And I will write. Because on the day I can no longer put pen to paper, I will know the creature has won.
After work, Adrian walks home. It’s forty blocks, but he needs the air.
Disney has a casual dress code. Unlike at Goldman, it’s perfectly acceptable for Adrian to show up to work in Nikes and a nice T-shirt. He finds himself especially grateful for this policy as he picks up speed, his black joggers far looser and more forgiving than a pair of slacks would be.
He starts on 10th Avenue, flanked by the towering all-glass buildings of Hudson Square.
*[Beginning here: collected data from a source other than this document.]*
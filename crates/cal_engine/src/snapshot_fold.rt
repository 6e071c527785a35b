ghost use Rattle.std.specs.Prelude.{◌≡◌, ℕ, [], ◌∷◌, ◌++◌, List, Option, is_some, length};
ghost use Rattle.std.specs.Prelude.{map, IfOk, OnOk};
ghost use Rattle.std.specs.List.{All, filter_map};
ghost use Rattle.cal_context.specs.Snapshots.{IsIn, meaning};
ghost use Rattle.cal_context.specs.Taking.{TakesMore};
ghost use Rattle.cal_context.specs.Tree.{Grows, Tree};
ghost use Rattle.cal_filter.specs.Kept.{kept as kept_by};
ghost use Rattle.cal_ql.specs.Valid.{IsValidQuery};
ghost use Rattle.cal_rowset.specs.NumberedRows.{NumberedRow};
ghost use Rattle.cal_rowset.specs.Numbers.{rowset_of};
ghost use Rattle.cal_value.specs.declared.record.Rec.{Rec as ARecord};
ghost use Rattle.cal_engine.specs.Answers.{answer_of};
ghost use Rattle.cal_engine.specs.Gates.{IsGate};
ghost use Rattle.cal_keys.specs.Keys.{room_of};
ghost use Rattle.cal_engine.specs.Making.{MakesRows};
ghost use Rattle.cal_engine.specs.Rows.{IsOfGroups};
ghost use Rattle.cal_engine.specs.Standing.{HasFolded};
ghost use Rattle.cal_engine.specs.Tallies.{Holds, HoldsIn};

use crate::fold::is_aggregated;
use crate::gate::Gate;
use crate::grouped_rows::GroupedRows;
use crate::numbered::NumberedGroups;
use crate::snapshot_columns::snapshot_columns;
use crate::snapshot_rows::{OrderedRows, ordered_rows};
use crate::tally::{TalliedGroups, Tally};
use cal_context::{Context, Snapshot, Taker};
use cal_keys::append_rows;
use cal_ql::Query;
use cal_rowset::{SnapshotList, SnapshotRowset};
use cal_seeds::Seeds;
use cal_value::{OutOfMemory, TryCopy};
use std::alloc::Global;

/// A query on records that come one by one as snapshots of one context. A record takes time for its
/// nodes and immediates, however deep their paths are; each new node takes time once. It keeps the
/// groups of an aggregated query, and the kept records of another one by number.
#[derive(Drop)]
pub struct SnapshotFold {
    alloc: Global,
    query: Query,
    gate: Gate,
    tally: Tally,
    rows: SnapshotList,
    // room for a record with LET's immediates
    full: Snapshot,
}

impl SnapshotFold {
    /// The fold of no record. The query is copied. The attributes that LET's entries may have are
    /// added to the context.
    pub fn new(
        alloc: Global,
        query: &Query,
        context: &mut Context,
    ) -> Result<SnapshotFold, OutOfMemory>
        requires { IsValidQuery query.now }
        ensures query { IfOk result (λ fold. fold.query ≡ query.now) }
        ensures none { IfOk result (λ fold. HasFolded fold context.new []) }
        ensures grows { Grows context.old context.new }
    {
        let gate = Gate::new(alloc, query, context)?;
        SnapshotFold::with_gate(alloc, context.seeds(), query, gate)
    }

    /// The fold of no record, whose gate is made, and whose groups hash by these seeds.
    fn with_gate(
        alloc: Global,
        seeds: Seeds,
        query: &Query,
        gate: Gate,
    ) -> Result<SnapshotFold, OutOfMemory>
        requires { IsValidQuery query.now }
        ensures query { IfOk result (λ fold. fold.query ≡ query.now) }
        ensures none { IfOk result (λ fold. (t : Tree) → IsGate t query.now gate
            → HasFolded fold t []) }
    {
        let tally = Tally::new(alloc, seeds, query)?;
        Ok(SnapshotFold {
            alloc,
            query: query.copy(alloc)?,
            gate,
            tally,
            rows: SnapshotList::new(alloc),
            full: Snapshot::new(alloc),
        })
    }

    /// Takes in the records that another fold of this query has taken from a context, behind those of
    /// this one. The nodes of its groups or of its rows, and the attributes that its rows may have,
    /// are added to the own context, each once. It takes time and memory in what the other fold and
    /// the other context hold. After an `Err` the own context has grown, and the fold is to be
    /// dropped.
    pub fn merge(
        &mut self,
        context: &mut Context,
        other: SnapshotFold,
        its: &Context,
    ) -> Result<(), OutOfMemory>
        requires same { other.query ≡ self.old.query }
        ensures merged { OnOk result ((rs ss : List ARecord)
            → HasFolded self.old context.old rs → HasFolded other its.now ss
            → HasFolded self.new context.new (rs ++ ss)) }
        ensures query { self.new.query ≡ self.old.query }
        ensures grows { Grows context.old context.new }
    {
        let SnapshotFold {
            alloc: _,
            query: _,
            gate: _,
            tally,
            rows,
            full: _,
        } = other;
        merge_held(
            self.alloc,
            &self.query,
            &mut self.tally,
            &mut self.rows,
            context,
            &tally,
            &rows,
            its,
        )
    }

    /// The rows of the answer over the records that were taken, made one by one as snapshots of the
    /// context that they came in, to which the attributes of results and the nodes of groups are
    /// added. It is for an aggregated query without ORDER BY. It takes memory and time in the groups
    /// and the nodes of their keys. After an `Err` the context has grown.
    pub fn grouped_rows(self, context: &mut Context) -> Result<GroupedRows, OutOfMemory>
        requires { IsOfGroups self.query }
        ensures rows { IfOk result (λ made. (rs : List ARecord) → HasFolded self context.old rs
            → MakesRows context.new self.query.aggs made (answer_of self.query rs).rows.rows) }
        ensures grows { Grows context.old context.new }
    {
        let SnapshotFold {
            alloc,
            query,
            gate: _,
            tally,
            rows: _,
            full: _,
        } = self;
        rows_of_tally(alloc, &query, tally, context)
    }

    /// The answer over the records that were taken from a context as it stands. It takes memory and
    /// time in what the fold holds, and n log n comparisons where rows are ordered.
    pub fn finish(self, context: Context) -> Result<SnapshotRowset, OutOfMemory>
        ensures { IfOk result (λ answer. (rs : List ARecord) → HasFolded self context rs
            → rowset_of answer ≡ answer_of self.query rs) }
    {
        let SnapshotFold {
            alloc,
            query,
            gate: _,
            tally,
            rows,
            full: _,
        } = self;
        let TalliedGroups { own, groups } = tally.into_groups();
        let room = room(query.group.is_some(), context, own);
        answer_in(alloc, &query, room, groups, rows)
    }
}

impl SnapshotFold {
    /// Takes a record of a query without LET.
    fn take_plain(&mut self, context: &Context, snapshot: &Snapshot) -> Result<(), OutOfMemory>
        requires within { IsIn context.now snapshot.now }
        requires plain { length self.old.query.lets ≡ 0 }
        ensures taken { OnOk result (TakesMore
            (HasFolded self.old context.now)
            (HasFolded self.new context.now)
            (meaning context.now snapshot.now ∷ [])) }
        ensures query { OnOk result (self.new.query ≡ self.old.query) }
    {
        let keeps = self.gate.keeps(context, snapshot)?;
        if !keeps {
            return Ok(());
        }
        take_kept(
            self.alloc,
            &self.query,
            context,
            snapshot,
            &mut self.tally,
            &mut self.rows,
        )?;
        Ok(())
    }

    /// Takes a record with the immediates of LET.
    fn take_with_lets(&mut self, context: &Context, snapshot: &Snapshot) -> Result<(), OutOfMemory>
        requires { IsIn context.now snapshot.now }
        ensures taken { OnOk result (TakesMore
            (HasFolded self.old context.now)
            (HasFolded self.new context.now)
            (meaning context.now snapshot.now ∷ [])) }
        ensures query { OnOk result (self.new.query ≡ self.old.query) }
    {
        self.gate
            .copy_looked(self.alloc, &self.query, context, snapshot, &mut self.full)?;
        let keeps = self.gate.apply(context, &mut self.full)?;
        if !keeps {
            return Ok(());
        }
        take_kept(
            self.alloc,
            &self.query,
            context,
            &self.full,
            &mut self.tally,
            &mut self.rows,
        )?;
        Ok(())
    }
}

impl Taker for SnapshotFold {
    ghost use Rattle.cal_ql.specs.declared.query.Query.{Query};
    ghost use Rattle.cal_engine.specs.FoldGrows.{HasFolded-stays};
    ghost use Rattle.cal_engine.specs.Standing.{HasFolded};

    ghost About = { Query };

    ghost about = { λ fold. fold.query };

    ghost has_taken = { HasFolded };

    ghost stays = { HasFolded-stays };

    fn take(&mut self, context: &Context, snapshot: &Snapshot) -> Result<(), OutOfMemory> {
        if self.query.lets.is_empty() {
            self.take_plain(context, snapshot)?;
        } else {
            self.take_with_lets(context, snapshot)?;
        }
        Ok(())
    }
}

/// Adds a record that LET and WHERE made.
fn take_kept(
    alloc: Global,
    query: &Query,
    context: &Context,
    snapshot: &Snapshot,
    tally: &mut Tally,
    rows: &mut SnapshotList,
) -> Result<(), OutOfMemory>
    requires { IsIn context.now snapshot.now }
    ensures { OnOk result ((ks : List ARecord) → Holds context.now query.now ks tally.old
        rows.old → Holds context.now query.now (ks ++ meaning context.now snapshot.now ∷ [])
        tally.new rows.new) }
{
    if is_aggregated(query) {
        tally.take(alloc, query.group.is_some(), context, snapshot)?;
        return Ok(());
    }
    rows.push(alloc, snapshot)?;
    Ok(())
}

/// Takes in the groups of another tally of a query, or else the other kept rows, behind what is
/// there.
fn merge_held(
    alloc: Global,
    query: &Query,
    tally: &mut Tally,
    rows: &mut SnapshotList,
    context: &mut Context,
    other: &Tally,
    others: &SnapshotList,
    its: &Context,
) -> Result<(), OutOfMemory>
    ensures merged { OnOk result ((ks ls : List ARecord)
        → Holds context.old query.now ks tally.old rows.old
        → Holds its.now query.now ls other.now others.now
        → Holds context.new query.now (ks ++ ls) tally.new rows.new) }
    ensures grows { Grows context.old context.new }
{
    if is_aggregated(query) {
        return tally.merge(alloc, query.group.is_some(), context, other, its);
    }
    append_rows(alloc, rows, context, others, its)
}

/// The rows of the groups of a tally, for a query that is aggregated and has no ORDER BY.
fn rows_of_tally(
    alloc: Global,
    query: &Query,
    tally: Tally,
    context: &mut Context,
) -> Result<GroupedRows, OutOfMemory>
    requires { IsOfGroups query.now }
    ensures rows { IfOk result (λ made. (rs : List ARecord) (others : List NumberedRow)
        → Holds context.old query.now (filter_map (kept_by query.now) rs) tally others
        → MakesRows context.new query.now.aggs made (answer_of query.now rs).rows.rows) }
    ensures grows { Grows context.old context.new }
{
    context.has_each_once();
    let TalliedGroups { own, groups } = tally.into_groups();
    if query.group.is_some() {
        return GroupedRows::moved(alloc, query, own, groups, context);
    }
    GroupedRows::new(alloc, query, groups, context)
}

/// The answer of groups or kept records in a context in which the keys of groups lie.
fn answer_in(
    alloc: Global,
    query: &Query,
    context: Context,
    groups: NumberedGroups,
    kept: SnapshotList,
) -> Result<SnapshotRowset, OutOfMemory>
    ensures { IfOk result (λ answer. (rs : List ARecord)
        → HoldsIn context query.now (filter_map (kept_by query.now) rs) groups kept
        → rowset_of answer ≡ answer_of query.now rs) }
{
    let mut context = context;
    let OrderedRows { rows, order } = ordered_rows(alloc, query, &mut context, groups, kept)?;
    let columns = snapshot_columns(alloc, query, &context, &rows, &order)?;
    let all = query.select.is_none();
    Ok(SnapshotRowset::new(context, rows, order, columns, all))
}

/// The tree in which the keys of groups lie. The other one is dropped.
fn room(by_name: bool, context: Context, own: Context) -> Context
    ensures { (names : Option (List (List ℕ))) → by_name ≡ is_some names
        → result ≡ room_of names context own }
{
    if by_name {
        return own;
    }
    context
}
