ghost use Rattle.std.specs.Prelude.{◌≡◌, [], ◌∷◌, ◌++◌, codes, if◌then◌else◌, map};
ghost use Rattle.std.specs.Prelude.{IfOk, OnOk};
ghost use Rattle.std.specs.List.{flat_map, list_any};
ghost use Rattle.cal_rowset.specs.Hierarchy.{hierarchy, is_of_hierarchy as is_nested};
ghost use Rattle.cal_rowset.specs.Hierarchy.{other_entries};
ghost use Rattle.cal_engine.specs.Answers.{columns_of as columns_by, plain_column};
ghost use Rattle.cal_engine.specs.Answers.{shown_names};
ghost use Rattle.cal_keys.specs.Groups.{has_entries};
ghost use Rattle.cal_engine.specs.Learning.{learned, learned_one, names_beside};

use cal_ql::{Agg, Item, Query};
use cal_rowset::{Column, is_of_hierarchy};
use cal_seeds::Seeds;
use cal_value::{Entry, OutOfMemory, Rec, Seq, Text, TryCopy};
use indexmap::IndexSet;
use std::alloc::Global;

/// The columns of an answer with these rows.
pub(crate) fn columns_of(
    alloc: Global,
    query: &Query,
    rows: &[Rec],
) -> Result<Seq<Column>, OutOfMemory>
    ensures { IfOk result (λ columns. columns ≡ columns_by query.now query.now.select rows.now) }
{
    if let Some(items) = &query.select {
        item_columns(alloc, items.as_slice())
    } else if let Some(names) = &query.group {
        group_columns(alloc, names.as_slice(), query.aggs.as_slice())
    } else {
        shown_columns(alloc, rows)
    }
}

pub(crate) fn item_columns(alloc: Global, items: &[Item]) -> Result<Seq<Column>, OutOfMemory>
    ensures { IfOk result (λ columns. columns
        ≡ map (λ i. record { header = i.header; name = i.name }) items.now) }
{
    let mut columns = Vec::with_capacity(alloc, items.len())?;
    for item in items {
        columns.push(Column {
            header: item.header.copy(alloc)?,
            name: item.name.copy(alloc)?,
        })?;
    }
    Ok(Seq::from_vec(columns))
}

pub(crate) fn group_columns(
    alloc: Global,
    names: &[Text],
    aggs: &[Agg],
) -> Result<Seq<Column>, OutOfMemory>
    ensures { IfOk result (λ columns. columns
        ≡ map plain_column (names.now ++ map (λ agg. agg.name) aggs.now)) }
{
    let mut columns = Vec::new(alloc);
    add_columns(alloc, &mut columns, names)?;
    for agg in aggs {
        columns.push(plain(alloc, &agg.name)?)?;
    }
    Ok(Seq::from_vec(columns))
}

pub(crate) fn add_columns(
    alloc: Global,
    columns: &mut Vec<Column>,
    names: &[Text],
) -> Result<(), OutOfMemory>
    ensures { OnOk result (columns.new.items ≡ columns.old.items ++ map plain_column names.now) }
{
    for name in names {
        columns.push(plain(alloc, name)?)?;
    }
    Ok(())
}

/// The column under its own name.
fn plain(alloc: Global, name: &Text) -> Result<Column, OutOfMemory>
    ensures { IfOk result (λ column. column ≡ plain_column name.now) }
{
    Ok(Column {
        header: name.copy(alloc)?,
        name: name.copy(alloc)?,
    })
}

/// The names that rows show, as columns.
fn shown_columns(alloc: Global, rows: &[Rec]) -> Result<Seq<Column>, OutOfMemory>
    ensures { IfOk result (λ columns. columns ≡ map plain_column (shown_names rows.now)) }
{
    let names = shown(alloc, rows)?;
    let mut columns = Vec::new(alloc);
    add_columns(alloc, &mut columns, names.as_slice())?;
    Ok(Seq::from_vec(columns))
}

/// The names that rows show. They hash by numbers that everybody knows, since records alone have no
/// run.
#[tactic(auto, using(crate::proofs::Learned::learned_shown))]
fn shown(alloc: Global, rows: &[Rec]) -> Result<IndexSet<Text, Seeds>, OutOfMemory>
    ensures { IfOk result (λ names. names.keys ≡ shown_names rows.now) }
{
    let mut names = first_names(alloc, Seeds::fixed(), some_hierarchy(rows))?;
    learn_rows(alloc, &mut names, rows)?;
    Ok(names)
}

/// `path`, where some row has a hierarchy. Names hash by these seeds.
pub(crate) fn first_names(
    alloc: Global,
    seeds: Seeds,
    nested: bool,
) -> Result<IndexSet<Text, Seeds>, OutOfMemory>
    ensures { IfOk result (λ names. names.keys
        ≡ (if nested then codes "path" ∷ [] else [])) }
{
    let mut names = IndexSet::with_hasher(alloc, seeds);
    if !nested {
        return Ok(names);
    }
    names.insert(Text::from_str(alloc, "path")?)?;
    Ok(names)
}

fn some_hierarchy(rows: &[Rec]) -> bool
    ensures { result ≡ list_any (λ row. has_entries (hierarchy row)) rows.now }
{
    rows.iter().any(|row| has_hierarchy(row))
}

/// Learns the names of the entries of rows, those of hierarchies aside.
fn learn_rows(
    alloc: Global,
    names: &mut IndexSet<Text, Seeds>,
    rows: &[Rec],
) -> Result<(), OutOfMemory>
    ensures { OnOk result (names.new.keys ≡ learned names.old.keys
        (flat_map (λ row. map (λ e. e.attr.name) (other_entries row)) rows.now)) }
{
    for row in rows {
        learn_row(alloc, names, row)?;
    }
    Ok(())
}

fn learn_row(alloc: Global, names: &mut IndexSet<Text, Seeds>, row: &Rec) -> Result<(), OutOfMemory>
    ensures { OnOk result (names.new.keys
        ≡ learned names.old.keys (map (λ e. e.attr.name) (other_entries row.now))) }
{
    for path in row.paths.as_slice() {
        learn_entries(alloc, names, true, path.as_slice())?;
    }
    learn_entries(alloc, names, false, row.imms.as_slice())?;
    Ok(())
}

/// Learns the names of entries, in paths of those that aren't of the hierarchy.
fn learn_entries(
    alloc: Global,
    names: &mut IndexSet<Text, Seeds>,
    in_path: bool,
    entries: &[Entry],
) -> Result<(), OutOfMemory>
    ensures { OnOk result
        (names.new.keys ≡ learned names.old.keys (names_beside in_path entries.now)) }
{
    for entry in entries {
        if !(in_path && is_of_hierarchy(&entry.attr)) {
            learn(alloc, names, &entry.attr.name)?;
        }
    }
    Ok(())
}

/// Learns a name, which is copied where it is new.
pub(crate) fn learn(
    alloc: Global,
    names: &mut IndexSet<Text, Seeds>,
    name: &Text,
) -> Result<(), OutOfMemory>
    ensures { OnOk result (names.new.keys ≡ learned_one names.old.keys name.now) }
{
    if !names.contains(name) {
        names.insert(name.copy(alloc)?)?;
    }
    Ok(())
}

/// Whether a row has entries of the hierarchy.
fn has_hierarchy(row: &Rec) -> bool
    ensures { result ≡ has_entries (hierarchy row.now) }
{
    some_nested(row.paths.as_slice())
}

fn some_nested(paths: &[Seq<Entry>]) -> bool
    ensures { result ≡ list_any (λ path. list_any (λ e. is_nested e.attr) path) paths.now }
{
    paths.iter().any(|path| has_nested(path.as_slice()))
}

fn has_nested(entries: &[Entry]) -> bool
    ensures { result ≡ list_any (λ e. is_nested e.attr) entries.now }
{
    entries.iter().any(|entry| is_of_hierarchy(&entry.attr))
}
The skyscrapers are so clean and reflective that they seem to blend in with the sky.
All morning and throughout the afternoon, thoughts of Ginny plagued Adrian. He tried to focus on work, on the excitement of his new position. He poured himself a cup of coffee, stuck on his headphones, and did a full sweep of his hard drive, reviewing the many files he’d created over the past year. He was looking for the most important data points, the ones that would help drive his strategy in the year to come.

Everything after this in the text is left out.